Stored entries
══════════════════════════════
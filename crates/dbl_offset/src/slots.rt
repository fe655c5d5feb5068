//! Writing the slots of a store: its first bytes, a slot's content, and the selector.

ghost use Rattle.std.specs.Prelude.{◌≡◌, ◌⊎◌, ℕ, ◌+◌, ◌-◌, ◌<◌, ◌≤◌, List, [], ◌∷◌};
ghost use Rattle.std.specs.Prelude.{length, max, Some, IsErr, OnOk};
ghost use Rattle.dbl_base.specs.Streams.{FailsOnlyIfCounted};
ghost use Rattle.dbl_disk.specs.Disks.{Follows, IsOnly, Torn, written};
ghost use Rattle.dbl_offset_content.specs.Entries.{slot_content};
ghost use Rattle.dbl_offset_content.specs.Measures.{offset_limit};
ghost use Rattle.dbl_offset.specs.Slots.{HasSelectedEntry, HasSlotContent, KeepsOutsideSlot};
ghost use Rattle.dbl_offset.specs.Slots.{content_end, empty_store};

use dbl_base::Failed;
use dbl_disk::Disk;

/// The number of bytes of a block.
pub(crate) const BLOCK: usize = 4096;

// The end of the block that begins at `from`, in a content of `len` bytes.
pub(crate) fn block_end(from: usize, len: usize) -> usize
    requires { from ≤ len }
    ensures within { result ≤ len }
    ensures forward { from ≤ result }
    ensures few { result ≤ from + 4096 }
    ensures whole { result < from + 4096 → result ≡ len }
{
    if len - from < BLOCK {
        len
    } else {
        from + BLOCK
    }
}

/// Writes the bytes of a store without an offset on an empty disk, and syncs.
pub(crate) fn start<D: Disk>(disk: &mut D, bytes: &[u8]) -> Result<(), Failed>
    requires { bytes.now ≡ empty_store }
    ensures stored { D.seen disk.old ≡ Some [] → OnOk result
        ((D.seen disk.new ≡ Some empty_store) × IsOnly empty_store (D.may_leave disk.new)) }
    ensures crash { Follows (Torn 0 20) (D.may_leave disk.old) (D.may_leave disk.new) }
    ensures longest { (new : List ℕ) → D.seen disk.old ≡ Some [] → D.seen disk.new ≡ Some new →
        length new ≤ 20 }
    ensures cause { FailsOnlyIfCounted (IsErr result) (D.faults disk.old) (D.faults disk.new) }
    ensures steady { (old : List ℕ) → D.seen disk.old ≡ Some old →
        OnOk result (D.faults disk.new ≡ D.faults disk.old) }
{
    disk.write_at(0, bytes)?;
    disk.sync()
}

// Writes the content into the slot, by one write for each block.
fn write_content<D: Disk>(disk: &mut D, slot: u64, content: &[u8]) -> Result<(), Failed>
    requires slot { slot < 2 }
    requires short { length content.now ≤ offset_limit + 4 }
    ensures keeps { (old : List ℕ) → D.seen disk.old ≡ Some old →
        (new : List ℕ) × (D.seen disk.new ≡ Some new) × KeepsOutsideSlot slot old new }
    ensures grows { (old new : List ℕ) → D.seen disk.old ≡ Some old → D.seen disk.new ≡ Some new →
        length new ≤ max (length old) (content_end (length content.now)) }
    ensures crash { Follows (KeepsOutsideSlot slot) (D.may_leave disk.old) (D.may_leave disk.new) }
    ensures written { (old : List ℕ) → D.seen disk.old ≡ Some old →
        OnOk result ((new : List ℕ) × (D.seen disk.new ≡ Some new) ×
        KeepsOutsideSlot slot old new × HasSlotContent new slot content.now) }
    ensures cause { FailsOnlyIfCounted (IsErr result) (D.faults disk.old) (D.faults disk.new) }
    ensures steady { (old : List ℕ) → D.seen disk.old ≡ Some old →
        OnOk result (D.faults disk.new ≡ D.faults disk.old) }
{
    let mut block: usize = 0;
    'each: while block * BLOCK < content.len() {
        let from = block * BLOCK;
        let upto = block_end(from, content.len());
        disk.write_at(16 + 8192 * block as u64 + 4096 * slot, &content[from..upto])?;
        block += 1;
    }
    Ok(())
}

// Writes the slot's number over the selector, and syncs.
fn select<D: Disk>(disk: &mut D, slot: u64) -> Result<(), Failed>
    requires { slot < 2 }
    ensures crash { Follows (Torn 8 1) (D.may_leave disk.old) (D.may_leave disk.new) }
    ensures told { (old : List ℕ) → D.seen disk.old ≡ Some old → (new : List ℕ) ×
        (D.seen disk.new ≡ Some new) × Torn 8 1 old new }
    ensures selected { (old : List ℕ) → D.seen disk.old ≡ Some old → OnOk result
        ((D.seen disk.new ≡ Some (written old 8 (slot ∷ []))) ×
        IsOnly (written old 8 (slot ∷ [])) (D.may_leave disk.new)) }
    ensures cause { FailsOnlyIfCounted (IsErr result) (D.faults disk.old) (D.faults disk.new) }
    ensures steady { (old : List ℕ) → D.seen disk.old ≡ Some old →
        OnOk result (D.faults disk.new ≡ D.faults disk.old) }
{
    disk.write_at(8, &[slot as u8])?;
    disk.sync()
}

/// Writes the content into the slot that isn't selected, syncs, and selects it. Until the selector
/// is synced, and after a fault, a crash leaves the old entry or the new one.
pub(crate) fn write_slot<D: Disk>(disk: &mut D, slot: u64, content: &[u8]) -> Result<(), Failed>
    requires slot { slot < 2 }
    requires short { length content.now ≤ offset_limit + 4 }
    ensures stored { (bytes old entry : List ℕ) → D.seen disk.old ≡ Some bytes →
        HasSelectedEntry bytes (1 - slot) old → content.now ≡ slot_content entry →
        OnOk result ((new : List ℕ) × (D.seen disk.new ≡ Some new) ×
        IsOnly new (D.may_leave disk.new) × HasSelectedEntry new slot entry) }
    ensures left { (bytes old entry crashed : List ℕ) → D.seen disk.old ≡ Some bytes →
        IsOnly bytes (D.may_leave disk.old) → HasSelectedEntry bytes (1 - slot) old →
        content.now ≡ slot_content entry → D.may_leave disk.new crashed →
        HasSelectedEntry crashed (1 - slot) old ⊎ HasSelectedEntry crashed slot entry }
    ensures grows { (old new : List ℕ) → D.seen disk.old ≡ Some old → D.seen disk.new ≡ Some new →
        length new ≤ max (length old) (content_end (length content.now)) }
    ensures told { (old : List ℕ) → D.seen disk.old ≡ Some old →
        (new : List ℕ) × (D.seen disk.new ≡ Some new) }
    ensures cause { FailsOnlyIfCounted (IsErr result) (D.faults disk.old) (D.faults disk.new) }
    ensures steady { (old : List ℕ) → D.seen disk.old ≡ Some old →
        OnOk result (D.faults disk.new ≡ D.faults disk.old) }
{
    write_content(disk, slot, content)?;
    disk.sync()?;
    select(disk, slot)
}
══════════════════════════════
* _Exercise objective_: Only the lines above that hold "syncs" are wanted. Show every one of them.

* _Task output_:
/// Writes the bytes of a store without an offset on an empty disk, and syncs.
// Writes the slot's number over the selector, and syncs.
/// Writes the content into the slot that isn't selected, syncs, and selects it. Until the selector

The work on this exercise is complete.